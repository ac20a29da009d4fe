//! The lines of a run, put behind a text.
ghost use Rattle.std.specs.Prelude.{◌≡◌, ◌++◌, ℕ, OnOk, IfOk};
ghost use Rattle.frame_stats.specs.Figures.{Figure, FramesTo, counted};
ghost use Rattle.frame_stats.specs.Ports.{in_map};
ghost use Rattle.run_capture.specs.Lines.{accepted_line, batch_line, batch_lines_from, count_line, drop_lines, figure_lines, gem_lines, number_line};

use frame_meaning::Reason;
use frame_stats::Counts;
use itoa::Buffer;
use run_lanes::Ran;
use std::alloc::{AllocError, Global};
use std::collections::BTreeMap;

/// Puts a line of words and a number.
fn put_number(text: &mut Vec<u8>, words: &[u8], number: u64) -> Result<(), AllocError>
    ensures { OnOk result (text.new.items ≡ text.old.items ++ number_line words.now number) }
{
    let mut digits = Buffer::new();
    text.extend_from_slice(words)?;
    text.extend_from_slice(digits.format(number).as_bytes())?;
    text.extend_from_slice(b"\n")
}

/// Puts the line of a batch.
fn put_batch(
    text: &mut Vec<u8>,
    number: usize,
    version: u64,
    frames: usize,
) -> Result<(), AllocError>
    ensures { OnOk result (text.new.items ≡ text.old.items ++ batch_line number version frames) }
{
    let mut digits = Buffer::new();
    text.extend_from_slice(b"batch ")?;
    text.extend_from_slice(digits.format(number).as_bytes())?;
    text.extend_from_slice(b" version ")?;
    text.extend_from_slice(digits.format(version).as_bytes())?;
    text.extend_from_slice(b" frames ")?;
    text.extend_from_slice(digits.format(frames).as_bytes())?;
    text.extend_from_slice(b"\n")
}

/// Puts the line of a count that isn't 0.
fn put_count(text: &mut Vec<u8>, word: &[u8], number: usize, count: u64) -> Result<(), AllocError>
    ensures { OnOk result (text.new.items ≡ text.old.items ++ count_line word.now number count) }
{
    if count == 0 {
        return Ok(());
    }
    let mut digits = Buffer::new();
    text.extend_from_slice(word)?;
    text.extend_from_slice(digits.format(number).as_bytes())?;
    text.extend_from_slice(b" ")?;
    text.extend_from_slice(digits.format(count).as_bytes())?;
    text.extend_from_slice(b"\n")
}

/// Puts the lines of all batches, of so many frames in batches of a size.
fn put_batches(
    text: &mut Vec<u8>,
    size: usize,
    frames: usize,
    versions: &[u64],
) -> Result<(), AllocError>
    ensures { OnOk result (text.new.items ≡ text.old.items
        ++ batch_lines_from 0 size frames versions.now) }
{
    let mut left = frames;
    let mut number = 0;
    for version in versions {
        put_batch(text, number, *version, size.min(left))?;
        left = left.saturating_sub(size);
        number += 1;
    }
    Ok(())
}

/// Puts the lines of the frames that are dropped.
fn put_drops(text: &mut Vec<u8>, counts: &Counts) -> Result<(), AllocError>
    ensures { OnOk result (text.new.items ≡ text.old.items ++ drop_lines (counted counts.now)) }
{
    for place in 0..Reason::COUNT {
        put_count(text, b"drop ", place + 1, counts.drops[place])?;
    }
    Ok(())
}

/// Puts the lines of the frames that leave by each of these GEM ports.
fn put_entries(text: &mut Vec<u8>, ports: &BTreeMap<u16, u64>) -> Result<(), AllocError>
    ensures { OnOk result ((of : Figure → ℕ)
        → ((port : ℕ) → of (FramesTo port) ≡ in_map ports.now port)
        → text.new.items ≡ text.old.items ++ gem_lines of) }
{
    for (gem, frames) in ports {
        put_count(text, b"gem ", usize::from(*gem), *frames)?;
    }
    Ok(())
}

/// Puts the lines of the frames that leave, by ascending GEM port.
fn put_gems(alloc: Global, text: &mut Vec<u8>, counts: &Counts) -> Result<(), AllocError>
    ensures { OnOk result (text.new.items ≡ text.old.items ++ gem_lines (counted counts.now)) }
{
    let ports = counts.ports.in_order(alloc)?;
    put_entries(text, &ports)?;
    Ok(())
}

/// Puts the lines of counts.
fn put_counts(alloc: Global, text: &mut Vec<u8>, counts: &Counts) -> Result<(), AllocError>
    ensures { OnOk result (text.new.items ≡ text.old.items ++ figure_lines (counted counts.now)) }
{
    put_number(text, b"frames ", counts.frames)?;
    put_number(text, b"bytes ", counts.bytes)?;
    put_drops(text, counts)?;
    put_gems(alloc, text, counts)
}

/// All lines of a run of so many frames in batches of a size.
pub(crate) fn lines_of(
    alloc: Global,
    ran: &Ran,
    size: usize,
    frames: usize,
) -> Result<Vec<u8>, AllocError>
    ensures { IfOk result (λ text. text.items ≡
        accepted_line ran.now.accepted ++ batch_lines_from 0 size frames ran.now.versions.items
        ++ figure_lines (counted ran.now.counts)) }
{
    let mut text = Vec::new(alloc);
    put_number(&mut text, b"accepted ", ran.accepted)?;
    put_batches(&mut text, size, frames, &ran.versions)?;
    put_counts(alloc, &mut text, &ran.counts)?;
    Ok(text)
}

__________________________________________________

Instructions for the task :: Retype every record above exactly as it appears.

Response below ::
repository ac20a29da009d4fe
//! The lines of a run, put behind a text.
ghost use Rattle.std.specs.Prelude.{◌≡◌, ◌++◌, ℕ, OnOk, IfOk};
ghost use Rattle.frame_stats.specs.Figures.{Figure, FramesTo, counted};
ghost use Rattle.frame_stats.specs.Ports.{in_map};
ghost use Rattle.run_capture.specs.Lines.{accepted_line, batch_line, batch_lines_from, count_line, drop_lines, figure_lines, gem_lines, number_line};

use frame_meaning::Reason;
use frame_stats::Counts;
use itoa::Buffer;
use run_lanes::Ran;
use std::alloc::{AllocError, Global};
use std::collections::BTreeMap;

/// Puts a line of words and a number.
fn put_number(text: &mut Vec<u8>, words: &[u8], number: u64) -> Result<(), AllocError>
    ensures { OnOk result (text.new.items ≡ text.old.items ++ number_line words.now number) }
{
    let mut digits = Buffer::new();
    text.extend_from_slice(words)?;
    text.extend_from_slice(digits.format(number).as_bytes())?;
    text.extend_from_slice(b"\n")
}

/// Puts the line of a batch.
fn put_batch(
    text: &mut Vec<u8>,
    number: usize,
    version: u64,
    frames: usize,
) -> Result<(), AllocError>
    ensures { OnOk result (text.new.items ≡ text.old.items ++ batch_line number version frames) }
{
    let mut digits = Buffer::new();
    text.extend_from_slice(b"batch ")?;
    text.extend_from_slice(digits.format(number).as_bytes())?;
    text.extend_from_slice(b" version ")?;
    text.extend_from_slice(digits.format(version).as_bytes())?;
    text.extend_from_slice(b" frames ")?;
    text.extend_from_slice(digits.format(frames).as_bytes())?;
    text.extend_from_slice(b"\n")
}

/// Puts the line of a count that isn't 0.
fn put_count(text: &mut Vec<u8>, word: &[u8], number: usize, count: u64) -> Result<(), AllocError>
    ensures { OnOk result (text.new.items ≡ text.old.items ++ count_line word.now number count) }
{
    if count == 0 {
        return Ok(());
    }
    let mut digits = Buffer::new();
    text.extend_from_slice(word)?;
    text.extend_from_slice(digits.format(number).as_bytes())?;
    text.extend_from_slice(b" ")?;
    text.extend_from_slice(digits.format(count).as_bytes())?;
    text.extend_from_slice(b"\n")
}

/// Puts the lines of all batches, of so many frames in batches of a size.
fn put_batches(
    text: &mut Vec<u8>,
    size: usize,
    frames: usize,
    versions: &[u64],
) -> Result<(), AllocError>
    ensures { OnOk result (text.new.items ≡ text.old.items
        ++ batch_lines_from 0 size frames versions.now) }
{
    let mut left = frames;
    let mut number = 0;
    for version in versions {
        put_batch(text, number, *version, size.min(left))?;
        left = left.saturating_sub(size);
        number += 1;
    }
    Ok(())
}

/// Puts the lines of the frames that are dropped.
fn put_drops(text: &mut Vec<u8>, counts: &Counts) -> Result<(), AllocError>
    ensures { OnOk result (text.new.items ≡ text.old.items ++ drop_lines (counted counts.now)) }
{
    for place in 0..Reason::COUNT {
        put_count(text, b"drop ", place + 1, counts.drops[place])?;
    }
    Ok(())
}

/// Puts the lines of the frames that leave by each of these GEM ports.
fn put_entries(text: &mut Vec<u8>, ports: &BTreeMap<u16, u64>) -> Result<(), AllocError>
    ensures { OnOk result ((of : Figure → ℕ)
        → ((port : ℕ) → of (FramesTo port) ≡ in_map ports.now port)
        → text.new.items ≡ text.old.items ++ gem_lines of) }
{
    for (gem, frames) in ports {
        put_count(text, b"gem ", usize::from(*gem), *frames)?;
    }
    Ok(())
}

/// Puts the lines of the frames that leave, by ascending GEM port.
fn put_gems(alloc: Global, text: &mut Vec<u8>, counts: &Counts) -> Result<(), AllocError>
    ensures { OnOk result (text.new.items ≡ text.old.items ++ gem_lines (counted counts.now)) }
{
    let ports = counts.ports.in_order(alloc)?;
    put_entries(text, &ports)?;
    Ok(())
}

/// Puts the lines of counts.
fn put_counts(alloc: Global, text: &mut Vec<u8>, counts: &Counts) -> Result<(), AllocError>
    ensures { OnOk result (text.new.items ≡ text.old.items ++ figure_lines (counted counts.now)) }
{
    put_number(text, b"frames ", counts.frames)?;
    put_number(text, b"bytes ", counts.bytes)?;
    put_drops(text, counts)?;
    put_gems(alloc, text, counts)
}

/// All lines of a run of so many frames in batches of a size.
pub(crate) fn lines_of(
    alloc: Global,
    ran: &Ran,
    size: usize,
    frames: usize,
) -> Result<Vec<u8>, AllocError>
    ensures { IfOk result (λ text. text.items ≡
        accepted_line ran.now.accepted ++ batch_lines_from 0 size frames ran.now.versions.items
        ++ figure_lines (counted ran.now.counts)) }
{
    let mut text = Vec::new(alloc);
    put_number(&mut text, b"accepted ", ran.accepted)?;
    put_batches(&mut text, size, frames, &ran.versions)?;
    put_counts(alloc, &mut text, &ran.counts)?;
    Ok(text)
}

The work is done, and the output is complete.